- Born: September 15, 1968 (age 57) Klagenfurt, Carinthia, Austria
- Occupation: Actor
- Years active: 1984–present
- Spouses: ; Terre Bridgham ​ ​(m. 1995; div. 1998)​ ; Paula Marshall ​(m. 2003)​
- Children: 2

= Danny Nucci =

American actor (born 1968)

Danny Nucci (born September 15, 1968) is an American actor. He is best known for his supporting roles in blockbuster films, including his roles as Danny Rivetti in Crimson Tide (1995), Lieutenant Shepard in The Rock (1996), Deputy Monroe in Eraser (1996), and Fabrizio de Rossi in Titanic (1997), as well as his lead role as Mike Foster in the Freeform series The Fosters (2013–2018).

==Personal life==
Danny Nucci was born on September 15, 1968, in Klagenfurt to a Jewish family. His family had emigrated from Morocco to Italy and then to Austria. His family then immigrated to New York City when he was still a child.

After temporarily living in Queens, the family settled in the San Fernando Valley, where Nucci graduated from Grant High School. He married Terre Bridgham in 1995, and they had a daughter before their divorce in 1998. He played lovers with Paula Marshall in the 1997 film That Old Feeling; they married in 2003, and have a daughter.

==Career==
During the 1990s, Nucci played characters who are unceremoniously killed off in three blockbuster films—Eraser, The Rock and Titanic (as Fabrizio De Rossi, Jack Dawson's Italian friend)—which were released within 20 months of each other between 1996 and 1997. His character in Alive (also known as Alive: The Miracle of the Andes) (1993) survives.

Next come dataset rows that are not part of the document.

ghost use Rattle.std.specs.Prelude.{◌≡◌, [], ◌∷◌, ◌+◌, ◌<◌, ◌≤◌, max, length, IfOk, Some, None, nat_lt};
ghost use Rattle.mono_syntax.specs.Limits.{greatest_weight};
ghost use Rattle.mono_syntax.specs.Expr as expr;
ghost use Rattle.mono_syntax.specs.ExprView.{exprs, expr_of};
ghost use Rattle.parse_expr.specs.computed.TypeReading.{type_finish, type_step, IsLightType};
ghost use Rattle.parse_expr.specs.computed.Reading.{link_left, link_whole, link_right, link_tree, level, hole_of, hole, join, weigh, settle, held, if_some, is_minus, close_empty, begin, join_link, close_at, close, comma_at, comma, whole_at, go_on, field_at, cast_open, cast_comma, cast_type, is_comma, cast_closed, cast_next, inner_room, join_open, join_name, join_close, step, finish, IsLight, IsLightHeld, IsLightMode, next_of};

use crate::machine::{Frame, Held, Link, Mode, Next, TypeMode, TypeNext, Weighed};
use crate::precedence::{op_left, op_right, op_whole};
use crate::types::{greater, type_step};
use mono_list::Stack;
use mono_syntax::{Ann, Expr, ExprKind, Op, Place, Word};
use spelled_tokens::{Spelled, What};
use sqlite_items::{Boxed, Items};
use std::alloc::{AllocError, Global};

/// The level of an operator's left part.
fn link_left(link: Link) -> u32
    ensures { result ≡ link_left link }
{
    match link {
        Link::Or => 1,
        Link::And => 2,
        Link::Operator(op) => op_left(op),
    }
}

/// The level of the whole.
fn link_whole(link: Link) -> u32
    ensures { result ≡ link_whole link }
{
    match link {
        Link::Or => 1,
        Link::And => 2,
        Link::Operator(op) => op_whole(op),
    }
}

/// The level of its right part.
fn link_right(link: Link) -> u32
    ensures { result ≡ link_right link }
{
    match link {
        Link::Or => 2,
        Link::And => 3,
        Link::Operator(op) => op_right(op),
    }
}

/// The level of what a frame makes, and 0 where a bracket closes it.
fn level(frame: &Frame) -> u32
    ensures { result ≡ level frame.now }
{
    match frame {
        Frame::Binary(link, _, _, _) => link_whole(*link),
        Frame::Not(_) => 3,
        Frame::Neg(_) => 7,
        Frame::Bracket | Frame::Call(_, _, _, _) | Frame::Cast(_, _, _) => 0,
    }
}

/// The level of the part that a frame waits for.
fn hole_of(frame: &Frame) -> u32
    ensures { result ≡ hole_of frame.now }
{
    match frame {
        Frame::Binary(link, _, _, _) => link_right(*link),
        Frame::Bracket | Frame::Call(_, _, _, _) | Frame::Cast(_, _, _) => 1,
        _ => level(frame),
    }
}

/// The level wanted on top, and the frames again.
fn hole(mut stack: Stack<Frame>) -> Result<(u32, Stack<Frame>), AllocError>
    ensures { IfOk result (λ p. (p.0 ≡ hole stack) × (p.1 ≡ stack)) }
{
    match stack.pop() {
        None => Ok((1, stack)),
        Some(frame) => {
            let level = hole_of(&frame);
            stack.push(frame)?;
            Ok((level, stack))
        }
    }
}

/// An operator's two parts.
fn link_tree(
    alloc: Global,
    link: Link,
    place: Place,
    left: Expr,
    right: Expr,
) -> Result<Expr, AllocError>
    ensures { IfOk result (λ e. e ≡ link_tree link place left right) }
{
    let left = Boxed::new(alloc, left)?;
    let right = Boxed::new(alloc, right)?;
    let kind = match link {
        Link::Or => ExprKind::Or(left, right),
        Link::And => ExprKind::And(left, right),
        Link::Operator(op) => ExprKind::Binary(op, place, left, right),
    };
    Ok(Expr { kind })
}

fn called(alloc: Global, place: Place, callee: Expr, args: Items<Expr>) -> Result<Expr, AllocError>
    ensures { IfOk result (λ e. e ≡ expr.call place callee (exprs args)) }
{
    let callee = Boxed::new(alloc, callee)?;
    Ok(Expr {
        kind: ExprKind::Call(place, callee, args),
    })
}

fn cast(alloc: Global, place: Place, ann: Ann, part: Expr) -> Result<Expr, AllocError>
    ensures { IfOk result (λ e. e ≡ expr.cast place ann part) }
{
    let part = Boxed::new(alloc, part)?;
    Ok(Expr {
        kind: ExprKind::Cast(place, ann, part),
    })
}

/// What a frame makes of its part.
fn join(alloc: Global, frame: Frame, tree: Expr) -> Result<Expr, AllocError>
    ensures { IfOk result (λ e. e ≡ join frame tree) }
{
    match frame {
        Frame::Binary(link, place, left, _) => link_tree(alloc, link, place, left, tree),
        Frame::Not(place) => {
            let part = Boxed::new(alloc, tree)?;
            let kind = ExprKind::Not(place, part);
            Ok(Expr { kind })
        }
        Frame::Neg(place) => {
            let part = Boxed::new(alloc, tree)?;
            let kind = ExprKind::Neg(place, part);
            Ok(Expr { kind })
        }
        Frame::Bracket => Ok(tree),
        Frame::Call(place, callee, _, mut args) => {
            args.push(tree)?;
            called(alloc, place, callee, args)
        }
        Frame::Cast(place, ann, _) => cast(alloc, place, ann, tree),
    }
}

/// The weight of a frame with its part.
fn weigh(frame: &Frame, weight: u32) -> u32
    requires { weigh frame.now weight ≤ greatest_weight }
    ensures { result ≡ weigh frame.now weight }
{
    match frame {
        Frame::Binary(_, _, _, left) => greater(*left, weight) + 1,
        Frame::Call(_, _, most, _) => greater(*most, weight) + 1,
        Frame::Cast(_, _, ty) => greater(*ty, weight) + 1,
        Frame::Not(_) => weight + 1,
        Frame::Neg(_) => weight + 1,
        Frame::Bracket => weight + 1,
    }
}

/// Closes the frames that a token with this level to its left closes.
fn settle(alloc: Global, left: u32, held: Held) -> Result<Held, AllocError>
    requires { IsLightHeld held }
    ensures settled { IfOk result (λ h. h ≡ settle left held.stack held.tree held.weight) }
    ensures light { IfOk result (λ h. IsLightHeld h) }
{
    let Held {
        mut stack,
        mut tree,
        mut weight,
    } = held;
    while let Some(frame) = stack.pop() {
        if level(&frame) < left {
            stack.push(frame)?;
            return Ok(Held {
                stack,
                tree,
                weight,
            });
        }
        weight = weigh(&frame, weight);
        tree = join(alloc, frame, tree)?;
    }
    Ok(Held {
        stack,
        tree,
        weight,
    })
}

/// The expression, where every frame closes behind its part.
fn ended(alloc: Global, held: Held) -> Result<Option<Expr>, AllocError>
    requires { IsLightHeld held }
    ensures { IfOk result (λ e. e ≡ finish (Mode.Have held)) }
{
    let Held { stack, tree, .. } = settle(alloc, 1, held)?;
    if stack.len() == 0 {
        Ok(Some(tree))
    } else {
        Ok(None)
    }
}

/// Reading stops.
fn stop(alloc: Global, held: Held) -> Result<Next, AllocError>
    requires { IsLightHeld held }
    ensures { IfOk result (λ n. n ≡ Next.Stop (finish (Mode.Have held))) }
{
    Ok(Next::Stop(ended(alloc, held)?))
}

/// A part was read.
fn read(stack: Stack<Frame>, tree: Expr, weight: u32) -> Next
    ensures { result ≡ Next.Go (Mode.Have (held stack tree weight)) }
{
    Next::Go(Mode::Have(Held {
        stack,
        tree,
        weight,
    }))
}

/// An expression of weight 1, where there is room for it.
fn leaf(room: usize, stack: Stack<Frame>, kind: ExprKind) -> Next
    ensures { result ≡ next_of (if_some (nat_lt (length stack) room) (Mode.Have (held stack (expr_of kind) 1))) None }
{
    if stack.len() < room {
        read(stack, Expr { kind }, 1)
    } else {
        Next::Stop(None)
    }
}

/// A part is wanted, in one frame more.
fn want(mut stack: Stack<Frame>, frame: Frame) -> Result<Next, AllocError>
    ensures { IfOk result (λ n. n ≡ Next.Go (Mode.Want (frame ∷ stack))) }
{
    stack.push(frame)?;
    Ok(Next::Go(Mode::Want(stack)))
}

/// A `)` where a part is wanted: it ends a call's arguments.
fn close_empty(alloc: Global, mut stack: Stack<Frame>) -> Result<Next, AllocError>
    requires { IsLight stack }
    ensures { IfOk result (λ n. n ≡ next_of (close_empty stack) None) }
{
    match stack.pop() {
        Some(Frame::Call(place, callee, weight, args)) => {
            let tree = called(alloc, place, callee, args)?;
            Ok(read(stack, tree, weight + 1))
        }
        _ => Ok(Next::Stop(None)),
    }
}

/// A `not` where a part is wanted.
fn begin_not(room: usize, stack: Stack<Frame>, place: Place) -> Result<Next, AllocError>
    requires { length stack ≤ greatest_weight }
    ensures { IfOk result (λ n. n ≡ next_of (begin room stack place What.Not) None) }
{
    if stack.len() + 1 >= room {
        return Ok(Next::Stop(None));
    }
    let (level, stack) = hole(stack)?;
    if level > 3 {
        return Ok(Next::Stop(None));
    }
    want(stack, Frame::Not(place))
}

/// An operator where a part is wanted: `-` begins one.
fn begin_sign(room: usize, stack: Stack<Frame>, place: Place, op: Op) -> Result<Next, AllocError>
    requires { length stack ≤ greatest_weight }
    ensures { IfOk result (λ n. n ≡ next_of (begin room stack place (What.Operator op)) None) }
{
    if stack.len() + 1 < room && matches!(op, Op::Sub) {
        want(stack, Frame::Neg(place))
    } else {
        Ok(Next::Stop(None))
    }
}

Elsewhere in film, he starred as Spider Bomboni in Book of Love (1990) and as Petty Officer Danny Rivetti in the Gene Hackman-Denzel Washington thriller Crimson Tide (1995). He played the roles of Benny Rodriguez in the straight-to-video film The Sandlot: Heading Home (2007) and a Port Authority police officer in World Trade Center (2006).

Nucci appeared as Gabriel Ortega on the CBS soap opera Falcon Crest from 1988 to 1989, and as Vincent Sforza in the television miniseries Firestarter 2: Rekindled (2002). Other notable TV appearances include Growing Pains, Out of This World, Quantum Leap, Family Ties, The Twilight Zone, Tour of Duty, Snoops, Just Shoot Me, House, Without a Trace, Criminal Minds, The Mentalist, CSI: NY, three episodes of Castle and one episode of Arrow. Along with Ernie Hudson, he co-starred in the short-lived police drama series 10-8: Officers on Duty. He provided the voice of Alberto the Chihuahua in The Brave Little Toaster to the Rescue.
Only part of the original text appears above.